### Data for review

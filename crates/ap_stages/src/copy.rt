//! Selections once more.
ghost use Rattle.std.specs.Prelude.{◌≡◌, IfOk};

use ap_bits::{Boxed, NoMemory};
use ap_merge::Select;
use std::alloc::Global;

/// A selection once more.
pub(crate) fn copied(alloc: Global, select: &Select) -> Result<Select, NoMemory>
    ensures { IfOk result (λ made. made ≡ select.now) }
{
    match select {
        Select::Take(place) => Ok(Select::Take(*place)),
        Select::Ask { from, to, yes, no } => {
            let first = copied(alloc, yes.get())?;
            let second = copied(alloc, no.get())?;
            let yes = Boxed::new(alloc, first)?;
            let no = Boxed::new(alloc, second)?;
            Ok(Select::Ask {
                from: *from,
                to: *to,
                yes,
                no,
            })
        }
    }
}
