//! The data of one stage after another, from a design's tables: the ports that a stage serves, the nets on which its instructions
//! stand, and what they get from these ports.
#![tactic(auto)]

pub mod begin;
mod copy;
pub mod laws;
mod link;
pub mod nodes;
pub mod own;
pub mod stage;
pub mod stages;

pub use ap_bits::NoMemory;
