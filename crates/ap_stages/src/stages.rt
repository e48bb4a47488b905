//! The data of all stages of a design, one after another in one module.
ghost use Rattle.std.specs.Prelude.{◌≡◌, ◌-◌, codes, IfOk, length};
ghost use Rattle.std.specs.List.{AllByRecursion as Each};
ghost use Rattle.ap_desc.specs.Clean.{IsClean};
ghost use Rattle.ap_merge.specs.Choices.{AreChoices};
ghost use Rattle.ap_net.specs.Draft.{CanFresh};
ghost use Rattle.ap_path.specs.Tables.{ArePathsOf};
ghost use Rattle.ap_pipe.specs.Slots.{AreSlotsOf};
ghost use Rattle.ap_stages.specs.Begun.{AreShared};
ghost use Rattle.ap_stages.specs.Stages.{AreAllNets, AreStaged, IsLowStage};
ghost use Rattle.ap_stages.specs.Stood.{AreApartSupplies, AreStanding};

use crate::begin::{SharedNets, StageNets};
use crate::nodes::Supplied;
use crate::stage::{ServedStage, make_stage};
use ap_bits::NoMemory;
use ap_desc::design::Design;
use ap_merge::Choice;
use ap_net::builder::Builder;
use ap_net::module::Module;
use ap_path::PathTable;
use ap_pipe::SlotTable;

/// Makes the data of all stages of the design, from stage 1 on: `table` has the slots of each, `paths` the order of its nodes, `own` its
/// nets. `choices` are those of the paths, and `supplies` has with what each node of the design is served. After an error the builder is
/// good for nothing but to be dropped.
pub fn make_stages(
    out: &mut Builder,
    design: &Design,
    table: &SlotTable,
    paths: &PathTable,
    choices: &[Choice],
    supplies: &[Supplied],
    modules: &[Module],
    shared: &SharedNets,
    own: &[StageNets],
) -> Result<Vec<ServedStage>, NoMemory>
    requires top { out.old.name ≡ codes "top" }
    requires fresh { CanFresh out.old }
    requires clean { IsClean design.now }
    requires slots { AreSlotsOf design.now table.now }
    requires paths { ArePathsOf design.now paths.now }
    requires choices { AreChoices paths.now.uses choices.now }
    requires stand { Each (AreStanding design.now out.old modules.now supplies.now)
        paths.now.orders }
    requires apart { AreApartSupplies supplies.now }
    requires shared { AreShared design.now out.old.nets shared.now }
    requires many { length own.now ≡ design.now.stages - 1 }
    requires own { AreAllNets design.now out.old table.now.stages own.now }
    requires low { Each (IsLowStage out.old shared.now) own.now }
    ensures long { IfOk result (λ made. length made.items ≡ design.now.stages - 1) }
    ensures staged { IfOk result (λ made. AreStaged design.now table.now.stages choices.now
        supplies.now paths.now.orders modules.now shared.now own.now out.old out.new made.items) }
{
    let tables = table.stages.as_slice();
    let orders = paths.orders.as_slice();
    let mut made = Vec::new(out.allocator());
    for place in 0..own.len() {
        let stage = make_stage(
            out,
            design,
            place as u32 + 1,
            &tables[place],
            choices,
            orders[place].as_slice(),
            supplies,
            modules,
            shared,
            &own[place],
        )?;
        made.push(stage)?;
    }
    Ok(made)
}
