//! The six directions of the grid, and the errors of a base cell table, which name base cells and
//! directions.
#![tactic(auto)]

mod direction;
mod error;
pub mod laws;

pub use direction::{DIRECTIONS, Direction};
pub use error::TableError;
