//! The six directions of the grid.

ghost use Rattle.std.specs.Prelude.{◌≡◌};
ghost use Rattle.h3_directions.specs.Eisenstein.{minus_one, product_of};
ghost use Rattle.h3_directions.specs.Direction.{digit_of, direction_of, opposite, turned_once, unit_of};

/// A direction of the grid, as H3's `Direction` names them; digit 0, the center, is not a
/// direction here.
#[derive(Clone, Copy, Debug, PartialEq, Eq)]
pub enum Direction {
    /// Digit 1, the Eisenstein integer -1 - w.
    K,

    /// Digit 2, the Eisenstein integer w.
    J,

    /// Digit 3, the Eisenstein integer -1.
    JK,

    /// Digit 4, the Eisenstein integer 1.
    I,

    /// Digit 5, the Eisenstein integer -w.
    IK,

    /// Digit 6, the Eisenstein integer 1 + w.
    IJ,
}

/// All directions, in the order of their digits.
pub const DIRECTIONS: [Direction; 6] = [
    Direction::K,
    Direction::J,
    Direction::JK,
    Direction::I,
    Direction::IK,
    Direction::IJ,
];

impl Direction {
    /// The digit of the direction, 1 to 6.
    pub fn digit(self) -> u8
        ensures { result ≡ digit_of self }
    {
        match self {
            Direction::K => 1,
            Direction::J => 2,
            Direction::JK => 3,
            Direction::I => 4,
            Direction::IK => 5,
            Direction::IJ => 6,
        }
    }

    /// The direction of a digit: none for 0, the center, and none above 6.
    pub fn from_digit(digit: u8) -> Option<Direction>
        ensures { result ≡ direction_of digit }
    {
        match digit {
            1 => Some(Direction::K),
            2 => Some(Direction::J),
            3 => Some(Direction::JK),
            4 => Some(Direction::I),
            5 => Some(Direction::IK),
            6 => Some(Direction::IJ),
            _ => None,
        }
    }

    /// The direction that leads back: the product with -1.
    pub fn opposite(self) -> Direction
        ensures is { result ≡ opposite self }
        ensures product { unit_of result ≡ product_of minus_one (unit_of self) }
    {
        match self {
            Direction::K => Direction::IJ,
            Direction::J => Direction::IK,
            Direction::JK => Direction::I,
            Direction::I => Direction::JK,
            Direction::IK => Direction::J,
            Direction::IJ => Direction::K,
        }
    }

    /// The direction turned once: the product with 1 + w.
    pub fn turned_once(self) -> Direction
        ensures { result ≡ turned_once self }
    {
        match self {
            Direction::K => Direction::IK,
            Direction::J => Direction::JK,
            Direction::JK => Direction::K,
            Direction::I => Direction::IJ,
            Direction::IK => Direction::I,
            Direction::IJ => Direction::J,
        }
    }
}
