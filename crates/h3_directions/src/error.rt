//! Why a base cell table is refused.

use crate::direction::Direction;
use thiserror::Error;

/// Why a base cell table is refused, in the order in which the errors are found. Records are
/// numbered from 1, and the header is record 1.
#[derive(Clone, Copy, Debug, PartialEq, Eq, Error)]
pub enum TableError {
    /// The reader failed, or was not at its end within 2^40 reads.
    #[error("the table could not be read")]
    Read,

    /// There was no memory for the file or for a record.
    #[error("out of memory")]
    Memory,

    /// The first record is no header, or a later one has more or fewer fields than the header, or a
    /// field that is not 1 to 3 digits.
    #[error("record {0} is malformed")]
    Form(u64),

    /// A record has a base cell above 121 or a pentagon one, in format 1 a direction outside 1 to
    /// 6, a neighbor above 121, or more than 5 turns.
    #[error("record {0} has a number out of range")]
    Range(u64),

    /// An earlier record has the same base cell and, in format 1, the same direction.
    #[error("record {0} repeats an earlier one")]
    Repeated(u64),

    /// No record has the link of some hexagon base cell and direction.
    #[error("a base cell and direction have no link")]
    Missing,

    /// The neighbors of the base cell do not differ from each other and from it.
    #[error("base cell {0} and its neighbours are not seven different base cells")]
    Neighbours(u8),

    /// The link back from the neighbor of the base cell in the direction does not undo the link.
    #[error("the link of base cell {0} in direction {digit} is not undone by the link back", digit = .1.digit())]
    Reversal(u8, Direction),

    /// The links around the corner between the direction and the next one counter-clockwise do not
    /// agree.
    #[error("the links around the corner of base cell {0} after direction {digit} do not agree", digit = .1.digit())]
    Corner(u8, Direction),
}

######
### Data for review

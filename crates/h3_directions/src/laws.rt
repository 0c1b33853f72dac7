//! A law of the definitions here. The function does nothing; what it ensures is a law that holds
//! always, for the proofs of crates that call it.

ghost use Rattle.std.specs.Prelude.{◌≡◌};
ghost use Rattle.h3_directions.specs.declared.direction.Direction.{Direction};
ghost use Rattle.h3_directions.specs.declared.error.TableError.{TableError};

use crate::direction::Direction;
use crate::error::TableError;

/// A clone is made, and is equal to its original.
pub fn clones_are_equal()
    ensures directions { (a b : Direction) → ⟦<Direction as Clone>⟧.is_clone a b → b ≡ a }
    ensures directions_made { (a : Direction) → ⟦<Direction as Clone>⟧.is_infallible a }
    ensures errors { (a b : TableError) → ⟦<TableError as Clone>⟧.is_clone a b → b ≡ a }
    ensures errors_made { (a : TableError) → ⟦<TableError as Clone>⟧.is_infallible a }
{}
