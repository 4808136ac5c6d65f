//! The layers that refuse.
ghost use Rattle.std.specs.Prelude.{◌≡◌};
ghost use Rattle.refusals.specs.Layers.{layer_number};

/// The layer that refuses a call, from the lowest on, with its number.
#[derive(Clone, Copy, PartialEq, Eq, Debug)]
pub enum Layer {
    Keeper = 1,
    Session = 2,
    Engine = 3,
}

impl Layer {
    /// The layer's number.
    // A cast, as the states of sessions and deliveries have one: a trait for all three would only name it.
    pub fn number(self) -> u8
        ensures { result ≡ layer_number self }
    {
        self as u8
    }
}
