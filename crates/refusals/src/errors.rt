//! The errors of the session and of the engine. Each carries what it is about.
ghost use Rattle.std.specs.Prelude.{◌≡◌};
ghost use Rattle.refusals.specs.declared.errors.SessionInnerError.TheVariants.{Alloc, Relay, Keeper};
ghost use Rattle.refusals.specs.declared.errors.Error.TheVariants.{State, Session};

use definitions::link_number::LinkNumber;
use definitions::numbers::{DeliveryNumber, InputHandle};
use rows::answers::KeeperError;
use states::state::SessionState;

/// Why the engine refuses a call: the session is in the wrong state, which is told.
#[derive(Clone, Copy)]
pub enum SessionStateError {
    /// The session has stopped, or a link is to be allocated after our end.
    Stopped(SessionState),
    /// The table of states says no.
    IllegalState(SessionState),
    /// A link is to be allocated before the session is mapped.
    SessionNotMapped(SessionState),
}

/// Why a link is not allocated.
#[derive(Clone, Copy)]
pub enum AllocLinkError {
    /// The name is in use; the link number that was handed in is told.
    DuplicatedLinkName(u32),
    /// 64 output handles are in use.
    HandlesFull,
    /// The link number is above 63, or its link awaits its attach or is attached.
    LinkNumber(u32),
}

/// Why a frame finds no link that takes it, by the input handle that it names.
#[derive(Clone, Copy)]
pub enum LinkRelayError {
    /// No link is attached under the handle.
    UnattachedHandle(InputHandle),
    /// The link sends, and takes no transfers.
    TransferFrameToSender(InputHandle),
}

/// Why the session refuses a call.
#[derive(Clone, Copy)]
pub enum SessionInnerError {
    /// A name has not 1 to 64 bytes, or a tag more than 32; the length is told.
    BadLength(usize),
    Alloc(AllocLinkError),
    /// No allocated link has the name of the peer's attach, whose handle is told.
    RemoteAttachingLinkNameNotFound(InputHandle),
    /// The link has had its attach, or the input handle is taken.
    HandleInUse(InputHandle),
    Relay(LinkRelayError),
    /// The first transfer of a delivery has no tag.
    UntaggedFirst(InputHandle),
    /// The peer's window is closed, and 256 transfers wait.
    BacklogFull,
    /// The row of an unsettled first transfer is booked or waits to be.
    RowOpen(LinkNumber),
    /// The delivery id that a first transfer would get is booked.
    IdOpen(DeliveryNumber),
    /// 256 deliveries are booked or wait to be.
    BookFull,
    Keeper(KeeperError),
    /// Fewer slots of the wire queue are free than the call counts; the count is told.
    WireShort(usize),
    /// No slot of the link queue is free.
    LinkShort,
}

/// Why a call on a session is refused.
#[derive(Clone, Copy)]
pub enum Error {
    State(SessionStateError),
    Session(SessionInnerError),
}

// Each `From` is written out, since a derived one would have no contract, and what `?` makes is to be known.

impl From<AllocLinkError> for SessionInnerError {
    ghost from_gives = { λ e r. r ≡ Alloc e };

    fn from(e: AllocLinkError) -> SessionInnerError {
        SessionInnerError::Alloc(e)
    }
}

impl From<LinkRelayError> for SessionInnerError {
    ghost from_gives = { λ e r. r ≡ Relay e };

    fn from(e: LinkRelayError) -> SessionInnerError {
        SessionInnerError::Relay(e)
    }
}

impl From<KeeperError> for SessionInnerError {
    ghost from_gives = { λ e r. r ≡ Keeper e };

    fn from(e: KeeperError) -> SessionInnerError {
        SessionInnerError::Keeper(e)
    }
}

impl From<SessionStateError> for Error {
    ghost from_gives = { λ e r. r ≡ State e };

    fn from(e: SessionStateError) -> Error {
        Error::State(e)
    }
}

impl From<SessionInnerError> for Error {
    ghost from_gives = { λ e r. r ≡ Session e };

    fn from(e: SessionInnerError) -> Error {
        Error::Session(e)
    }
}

######

Answer with a single number: the count of lines in the entries that hold the word "above".

4